- _EXERCISE OBJECTIVE_
The reply should contain each record below, returned exactly as given.
══ INFORMATION PROVIDED ══
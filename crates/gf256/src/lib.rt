//! The field of 256 elements, and sums and multiples of slices of its elements.
//!
//! An element is a byte: the polynomial over the two elements 0 and 1 whose coefficients are its bits. The sum of two
//! elements is their xor, and their product is the carry-less product reduced by the polynomial 0x11d.
//!
//! Headline: `mul`, `inv`, `div`, `add_into` and `mul_add_into` are the field's, for slices of every length. For
//! example, the product of 2 and 0x8e is 1.
#![tactic(auto)]

mod field;
mod inverses;
mod kernels;
mod lanes;
mod laws;

pub use field::{div, inv, mul};
pub use kernels::{add_into, mul_add_into};
pub use laws::bytes_are_a_field;
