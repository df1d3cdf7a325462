//! Products and quotients of two elements.
ghost use Rattle.std.specs.Prelude.{◌≡◌, ◌≢◌, ◌^◌, ◌<◌, ℕ};
ghost use Rattle.ec_model.specs.Field.{field_product, IsInverse};

use crate::inverses::INVERSES;

/// The product by the polynomial x.
pub fn doubled(a: u8) -> u8
    ensures { result ≡ field_product a 2 }
{
    if a < 0x80 { a << 1 } else { (a << 1) ^ 0x1d }
}

/// The product of two elements.
pub fn mul(a: u8, b: u8) -> u8
    ensures { result ≡ field_product a b }
{
    let mut sum = 0;
    let mut term = a;
    for i in 0..8u32 {
        if (b >> i) & 1 == 1 {
            sum ^= term;
        }
        term = doubled(term);
    }
    sum
}

/// The element whose product with `a` is 1.
pub fn inv(a: u8) -> u8
    requires { a ≢ 0 }
    ensures { IsInverse a result }
{
    INVERSES[a as usize]
}

/// The element whose product with `b` is `a`.
pub fn div(a: u8, b: u8) -> u8
    requires { b ≢ 0 }
    ensures { field_product result b ≡ a }
{
    mul(a, inv(b))
}
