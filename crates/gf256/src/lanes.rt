//! Thirty-two bytes at a time. A product is looked up: the product of a byte's low four bits in one table of 16 entries, and
//! that of its high four bits in another, by one shuffle of bytes each. A vector holds its table twice, since a shuffle looks
//! within each 16 bytes.
ghost use Rattle.std.specs.Prelude.{◌≡◌, ◌<◌, ◌≤◌, ◌+◌, ◌*◌, ◌/◌, ◌%◌, ℕ, length, slice_index};
ghost use Rattle.ec_model.specs.Field.{field_product};
ghost use Rattle.gf256.specs.Kernels.{AddsWithin};

use crate::field::{doubled, mul};
use std::simd::prelude::*;

/// The bytes of a block.
pub const LANES: usize = 32;

/// The multiples of the bytes below 16 and of the multiples of 16, by one coefficient.
#[derive(Drop)]
pub struct Multiples {
    coef: u8,
    low: u8x32,
    high: u8x32,
    ghost low_products: { (i : ℕ) → i < 32 → slice_index low i ≡ field_product coef (i % 16) },
    ghost high_products: { (i : ℕ) → i < 32 → slice_index high i ≡ field_product coef (i % 16 * 16) },
}

impl Multiples {
    /// The tables of a coefficient.
    pub fn new(coef: u8) -> Self
        ensures { result.coef ≡ coef }
    {
        let low = table_of(coef);
        let high = table_of(mul(coef, 16));
        Multiples {
            coef,
            low: u8x32::from_array(low),
            high: u8x32::from_array(high),
        }
    }

    fn of(&self, bytes: u8x32) -> u8x32
        ensures long { length result ≡ 32 }
        ensures products { (k : ℕ) → k < 32 → slice_index result k ≡ field_product self.now.coef (slice_index bytes k) }
    {
        let low = looked_up(self.low, bytes);
        let high = looked_up(self.high, bytes >> u8x32::splat(4));
        low ^ high
    }
}

// The entry of the table that the low four bits of each byte name, in that byte's half of the vector.
fn looked_up(table: u8x32, bytes: u8x32) -> u8x32
    ensures long { length result ≡ 32 }
    ensures found { (k : ℕ) → k < 32
        → slice_index result k ≡ slice_index table (16 * (k / 16) + slice_index bytes k % 16) }
{
    table.swizzle_dyn_within::<16>(bytes & u8x32::splat(15))
}

// The products of a factor with 0 to 15, twice.
fn table_of(factor: u8) -> [u8; 32]
    ensures { (i : ℕ) → i < 32 → slice_index result i ≡ field_product factor (i % 16) }
{
    let mut all = [0u8; 32];
    for i in 1..32usize {
        all[i] = next_product(factor, i, &all);
    }
    all
}

// The next entry, from those before it. If each entry took eight doublings, the tables would cost as much as 4 KiB of products.
fn next_product(factor: u8, i: usize, all: &[u8; 32]) -> u8
    requires from { 1 ≤ i }
    requires inside { i < 32 }
    requires before { (k : ℕ) → k < i → slice_index all.now k ≡ field_product factor (k % 16) }
    ensures { result ≡ field_product factor (i % 16) }
{
    if i >= 16 {
        all[i - 16]
    } else if i % 2 == 0 {
        doubled(all[i / 2])
    } else {
        all[i - 1] ^ factor
    }
}

/// Adds the 32 bytes of `from` from `at` on to those of `to`.
pub fn add_block(at: usize, to: &mut [u8], from: &[u8])
    requires to { at + 32 ≤ length to.old }
    requires from { at + 32 ≤ length from.now }
    ensures { AddsWithin (λ b. b) at (at + 32) to.old from.now to.new }
{
    let sum = u8x32::from_slice(&to[at..]) ^ u8x32::from_slice(&from[at..]);
    sum.copy_to_slice(&mut to[at..]);
}

/// Adds the multiples of the 32 bytes of `from` from `at` on to the bytes of `to`.
pub fn add_multiple_block(multiples: &Multiples, at: usize, to: &mut [u8], from: &[u8])
    requires to { at + 32 ≤ length to.old }
    requires from { at + 32 ≤ length from.now }
    ensures { AddsWithin (field_product multiples.now.coef) at (at + 32) to.old from.now to.new }
{
    let products = multiples.of(u8x32::from_slice(&from[at..]));
    let sum = u8x32::from_slice(&to[at..]) ^ products;
    sum.copy_to_slice(&mut to[at..]);
}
═══
- _SOLUTION TO THIS TASK_
filename crates/gf256/src/lib.rt
//! The field of 256 elements, and sums and multiples of slices of its elements.
//!
//! An element is a byte: the polynomial over the two elements 0 and 1 whose coefficients are its bits. The sum of two
//! elements is their xor, and their product is the carry-less product reduced by the polynomial 0x11d.
//!
//! Headline: `mul`, `inv`, `div`, `add_into` and `mul_add_into` are the field's, for slices of every length. For
//! example, the product of 2 and 0x8e is 1.
#![tactic(auto)]

mod field;
mod inverses;
mod kernels;
mod lanes;
mod laws;

pub use field::{div, inv, mul};
pub use kernels::{add_into, mul_add_into};
pub use laws::bytes_are_a_field;
repository df1d3cdf7a325462
//! Products and quotients of two elements.
ghost use Rattle.std.specs.Prelude.{◌≡◌, ◌≢◌, ◌^◌, ◌<◌, ℕ};
ghost use Rattle.ec_model.specs.Field.{field_product, IsInverse};

use crate::inverses::INVERSES;

/// The product by the polynomial x.
pub fn doubled(a: u8) -> u8
    ensures { result ≡ field_product a 2 }
{
    if a < 0x80 { a << 1 } else { (a << 1) ^ 0x1d }
}

/// The product of two elements.
pub fn mul(a: u8, b: u8) -> u8
    ensures { result ≡ field_product a b }
{
    let mut sum = 0;
    let mut term = a;
    for i in 0..8u32 {
        if (b >> i) & 1 == 1 {
            sum ^= term;
        }
        term = doubled(term);
    }
    sum
}

/// The element whose product with `a` is 1.
pub fn inv(a: u8) -> u8
    requires { a ≢ 0 }
    ensures { IsInverse a result }
{
    INVERSES[a as usize]
}

/// The element whose product with `b` is `a`.
pub fn div(a: u8, b: u8) -> u8
    requires { b ≢ 0 }
    ensures { field_product result b ≡ a }
{
    mul(a, inv(b))
}
filename crates/gf256/src/lanes.rt
//! Thirty-two bytes at a time. A product is looked up: the product of a byte's low four bits in one table of 16 entries, and
//! that of its high four bits in another, by one shuffle of bytes each. A vector holds its table twice, since a shuffle looks
//! within each 16 bytes.
ghost use Rattle.std.specs.Prelude.{◌≡◌, ◌<◌, ◌≤◌, ◌+◌, ◌*◌, ◌/◌, ◌%◌, ℕ, length, slice_index};
ghost use Rattle.ec_model.specs.Field.{field_product};
ghost use Rattle.gf256.specs.Kernels.{AddsWithin};

use crate::field::{doubled, mul};
use std::simd::prelude::*;

/// The bytes of a block.
pub const LANES: usize = 32;

/// The multiples of the bytes below 16 and of the multiples of 16, by one coefficient.
#[derive(Drop)]
pub struct Multiples {
    coef: u8,
    low: u8x32,
    high: u8x32,
    ghost low_products: { (i : ℕ) → i < 32 → slice_index low i ≡ field_product coef (i % 16) },
    ghost high_products: { (i : ℕ) → i < 32 → slice_index high i ≡ field_product coef (i % 16 * 16) },
}

impl Multiples {
    /// The tables of a coefficient.
    pub fn new(coef: u8) -> Self
        ensures { result.coef ≡ coef }
    {
        let low = table_of(coef);
        let high = table_of(mul(coef, 16));
        Multiples {
            coef,
            low: u8x32::from_array(low),
            high: u8x32::from_array(high),
        }
    }

    fn of(&self, bytes: u8x32) -> u8x32
        ensures long { length result ≡ 32 }
        ensures products { (k : ℕ) → k < 32 → slice_index result k ≡ field_product self.now.coef (slice_index bytes k) }
    {
        let low = looked_up(self.low, bytes);
        let high = looked_up(self.high, bytes >> u8x32::splat(4));
        low ^ high
    }
}

// The entry of the table that the low four bits of each byte name, in that byte's half of the vector.
fn looked_up(table: u8x32, bytes: u8x32) -> u8x32
    ensures long { length result ≡ 32 }
    ensures found { (k : ℕ) → k < 32
        → slice_index result k ≡ slice_index table (16 * (k / 16) + slice_index bytes k % 16) }
{
    table.swizzle_dyn_within::<16>(bytes & u8x32::splat(15))
}

// The products of a factor with 0 to 15, twice.
fn table_of(factor: u8) -> [u8; 32]
    ensures { (i : ℕ) → i < 32 → slice_index result i ≡ field_product factor (i % 16) }
{
    let mut all = [0u8; 32];
    for i in 1..32usize {
        all[i] = next_product(factor, i, &all);
    }
    all
}

// The next entry, from those before it. If each entry took eight doublings, the tables would cost as much as 4 KiB of products.
fn next_product(factor: u8, i: usize, all: &[u8; 32]) -> u8
    requires from { 1 ≤ i }
    requires inside { i < 32 }
    requires before { (k : ℕ) → k < i → slice_index all.now k ≡ field_product factor (k % 16) }
    ensures { result ≡ field_product factor (i % 16) }
{
    if i >= 16 {
        all[i - 16]
    } else if i % 2 == 0 {
        doubled(all[i / 2])
    } else {
        all[i - 1] ^ factor
    }
}

/// Adds the 32 bytes of `from` from `at` on to those of `to`.
pub fn add_block(at: usize, to: &mut [u8], from: &[u8])
    requires to { at + 32 ≤ length to.old }
    requires from { at + 32 ≤ length from.now }
    ensures { AddsWithin (λ b. b) at (at + 32) to.old from.now to.new }
{
    let sum = u8x32::from_slice(&to[at..]) ^ u8x32::from_slice(&from[at..]);
    sum.copy_to_slice(&mut to[at..]);
}

/// Adds the multiples of the 32 bytes of `from` from `at` on to the bytes of `to`.
pub fn add_multiple_block(multiples: &Multiples, at: usize, to: &mut [u8], from: &[u8])
    requires to { at + 32 ≤ length to.old }
    requires from { at + 32 ≤ length from.now }
    ensures { AddsWithin (field_product multiples.now.coef) at (at + 32) to.old from.now to.new }
{
    let products = multiples.of(u8x32::from_slice(&from[at..]));
    let sum = u8x32::from_slice(&to[at..]) ^ products;
    sum.copy_to_slice(&mut to[at..]);
}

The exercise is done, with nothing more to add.